Now introducing the BOLT (Big Ol’ Layer Training) Engine: Orders of magnitude faster neural network training on any CPU (Intel, AMD, ARM).
Bolt Engine on Desktops can be order of magnitude faster than GPU acceleration.
Training 1.6 Billion parameter Model on refurbished old CPUs can be 2x faster than A100.
As explained in our other article, larger models need larger batch sizes for speed and generalization. However, GPUs have limited memory and cannot scale to the needs of a billion scale network.
We notice that the top-of-the-line A100 GPU with 48 GB memory can barely accommodate a batch size of 256 for our 1.6BN network. To run 2048 bath sizes, we need to distribute the model and training over 4 A100 GPUS (on a machine that costs around $70000). Even 2 A100s cannot accommodate the training.
How to Incorporate BOLT Engine in Your Pipeline?

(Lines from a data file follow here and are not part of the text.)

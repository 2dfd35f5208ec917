//! Columns that are short or in order, and the first rows of others: a lookup for each time, unless the stretch
//! that is kept has it.

ghost use Rattle.std.specs.Prelude.{◌≡◌, ◌≤◌, ◌<◌, drop, length, take, MatchOption, MatchResult};
ghost use Rattle.zoned_ffi.specs.Steps.KeptTimes.{AreWritten, IsKept, IsNotWritten, IsStop, IsWritten};

use crate::column::block::write_run;
use crate::column::kept::{Kept, kept_around};
use crate::column::pace::Pace;
use crate::column::row::answer_by_zone;
use crate::column::{NO_TIME, Question, Stop};

// The fewest rows that pay for a table.
const LONG: usize = 640;

// A table is needed after 12 lookups, if they are one in eight rows or more.
const LOOKUPS: usize = 12;

const ONE_IN: usize = 8;

// A search is due at each 32nd miss in a row, and at the third one of a column.
const MISSES: u8 = 32;

// The last row whose time the stretch that is kept didn't have, and how many such rows came in a row. Only the
// time that a call takes depends on them: a search takes somewhat longer than a lookup.
#[derive(Clone, Copy)]
struct LastMiss {
    row: usize,
    in_a_row: u8,
    // How many rows were looked up so far.
    lookups: usize,
}

impl LastMiss {
    fn none() -> LastMiss {
        LastMiss {
            row: 0,
            in_a_row: MISSES - 3,
            lookups: 0,
        }
    }

    // Whether as many of the rows so far were looked up as need a table.
    fn needs_table(&self, rows: usize) -> bool {
        self.lookups >= LOOKUPS.max(rows / ONE_IN)
    }

    // Whether to search for the stretch of a time in that row. If the stretch that is kept answered the row
    // before, the next one may do the same: then a later time asks for a search at once, and an earlier one if
    // the next row misses too. So an old date among new ones loses no stretch.
    #[inline(always)]
    fn is_search_due(&mut self, row: usize, is_later: bool) -> bool {
        let was_answered = row.wrapping_sub(self.row) > 1;
        self.row = row;
        if was_answered {
            self.in_a_row = MISSES - 1;
            return is_later;
        }
        self.in_a_row = self.in_a_row.wrapping_add(1) % MISSES;
        self.in_a_row == 0
    }
}

/// Writes the answers, up to the first time that has none, or up to a row from which on a table pays. Returns
/// the row after those that are written, or the row without an answer and the number that says why.
#[inline(never)]
pub fn write_short(question: Question, times: &[i64], answers: &mut [i64]) -> Result<usize, Stop>
    requires { length times.now ≡ length answers.old }
    ensures size { length answers.new ≡ length times.now }
    ensures answered { MatchResult result
        (λ row. (row ≤ length times.now) × (row < length times.now → 8 ≤ length times.now)
        × AreWritten question.entry (take row times.now) (take row answers.new) × (drop row answers.new ≡ drop row answers.old))
        (λ s. IsStop question.entry times.now answers.old answers.new s) }
{
    let mut kept = Kept::none(question);
    let mut last_miss = LastMiss::none();
    let mut pace = Pace::new();
    let rows = times.len();
    let mut from = 0;
    while from < rows {
        if rows - from >= LONG && last_miss.needs_table(from) {
            return Ok(from);
        }
        let written = write_run(question, kept, times, answers, &mut pace, from);
        if written > 0 {
            from += written;
        } else {
            let to = pace.missed(from, rows);
            match write_rows(
                question,
                times,
                answers,
                &mut kept,
                &mut last_miss,
                from,
                to,
            ) {
                Some(stop) => return Err(stop),
                None => {}
            }
            from = to;
        }
    }
    Ok(from)
}

// Writes the answers of the rows from `from` on and before `to`, one by one, up to the first without.
#[inline(always)]
fn write_rows(
    question: Question,
    times: &[i64],
    answers: &mut [i64],
    kept: &mut Kept,
    last_miss: &mut LastMiss,
    from: usize,
    to: usize,
) -> Option<Stop>
    requires size { length answers.old ≡ length times.now }
    requires rows { (from < to) × (to ≤ length times.now) }
    requires kept { IsKept question kept.old }
    requires before { AreWritten question (take from times.now) (take from answers.old) }
    ensures size { length answers.new ≡ length times.now }
    ensures kept { IsKept question.entry kept.new }
    ensures answered { MatchOption result
        (AreWritten question.entry (take to times.now) (take to answers.new)
        × (drop to answers.new ≡ drop to answers.old))
        (λ s. (from ≤ s.row) × IsStop question.entry times.now answers.old answers.new s) }
{
    for row in from..to {
        match answer(question, kept, last_miss, row, times[row]) {
            Ok(found) => answers[row] = found,
            Err(number) => return Some(Stop { row, number }),
        }
    }
    None
}

// What is written of the time, or the number that says why nothing is.
#[inline(always)]
fn answer(
    question: Question,
    kept: &mut Kept,
    last_miss: &mut LastMiss,
    row: usize,
    time: i64,
) -> Result<i64, u32>
    requires { IsKept question kept.old }
    ensures kept { IsKept question.entry kept.new }
    ensures answer { MatchResult result (IsWritten question.entry time)
        (λ n. IsNotWritten question.entry time n) }
{
    if let Some(found) = kept.answer_to(question, time) {
        return Ok(found);
    }
    if time != NO_TIME {
        if is_search_due(question, *kept, last_miss, row, time) {
            *kept = kept_around(question, time);
            if let Some(found) = kept.answer_to(question, time) {
                return Ok(found);
            }
        }
    }
    answer_by_zone(&question, time)
}

// Whether to search for the stretch of the time in that row.
#[inline(always)]
fn is_search_due(
    question: Question,
    kept: Kept,
    last_miss: &mut LastMiss,
    row: usize,
    time: i64,
) -> bool {
    if !question.keeps_stretches() {
        return false;
    }
    let is_due = last_miss.is_search_due(row, kept.end() <= time);
    if !is_due {
        last_miss.lookups = last_miss.lookups.wrapping_add(1);
    }
    is_due
}
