// Making a table of a chain whose tasks are lent as a list of task records, with the gap of its links.
// `make_table_of` takes any list, any gap, any place and any two lists.
#![tactic(auto)]

ghost use Rattle.std.specs.Prelude.{◌≡◌};
ghost use Rattle.maker.specs.Making.{Makes};
ghost use Rattle.lent_chain.specs.LentList.{chain_of_list};

use chain::Chain;
use maker::{Figures, Unmade};
use task::Task;

// The chain of the list and the gap. Its places are as many as the list has records; the first twelve are copied, with zeros past them.
fn chain_of(tasks: &[Task], gap: u64) -> Chain
    ensures { result ≡ chain_of_list gap tasks.now }
{
    let mut first = [Task::default(); 12];
    for i in 0..tasks.len().min(12) {
        first[i] = tasks[i];
    }
    Chain {
        tasks: first,
        places: tasks.len(),
        gap,
    }
}

// Makes the table of the lent list's chain, cut at place p, p counted from 1. A list of no record or of more than twelve is refused with 8.
pub fn make_table_of(
    tasks: &[Task],
    gap: u64,
    p: usize,
    starts: &mut [u64],
    latencies: &mut [u64],
) -> Result<Figures, Unmade>
    ensures { Makes (chain_of_list gap tasks.now) p starts.old latencies.old starts.new latencies.new result }
{
    let c = chain_of(tasks, gap);
    maker::make_table(c, p, starts, latencies)
}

We package the Bolt Engine in a simple python API, allowing the user to specify the network structure easily. We also have simple methods on the network that will enable us to retrieve the trained parameters for each layer as NumPy arrays that can easily port the trained model in TensorFlow or PyTorch. We also provide simple functions which can perform this process automatically. Similarly, we also provide drop-in functionality. A user can specify a TensorFlow model and pass it to our script, which will train and return it using the Bolt Engine for acceleration, all with 2 lines of code change.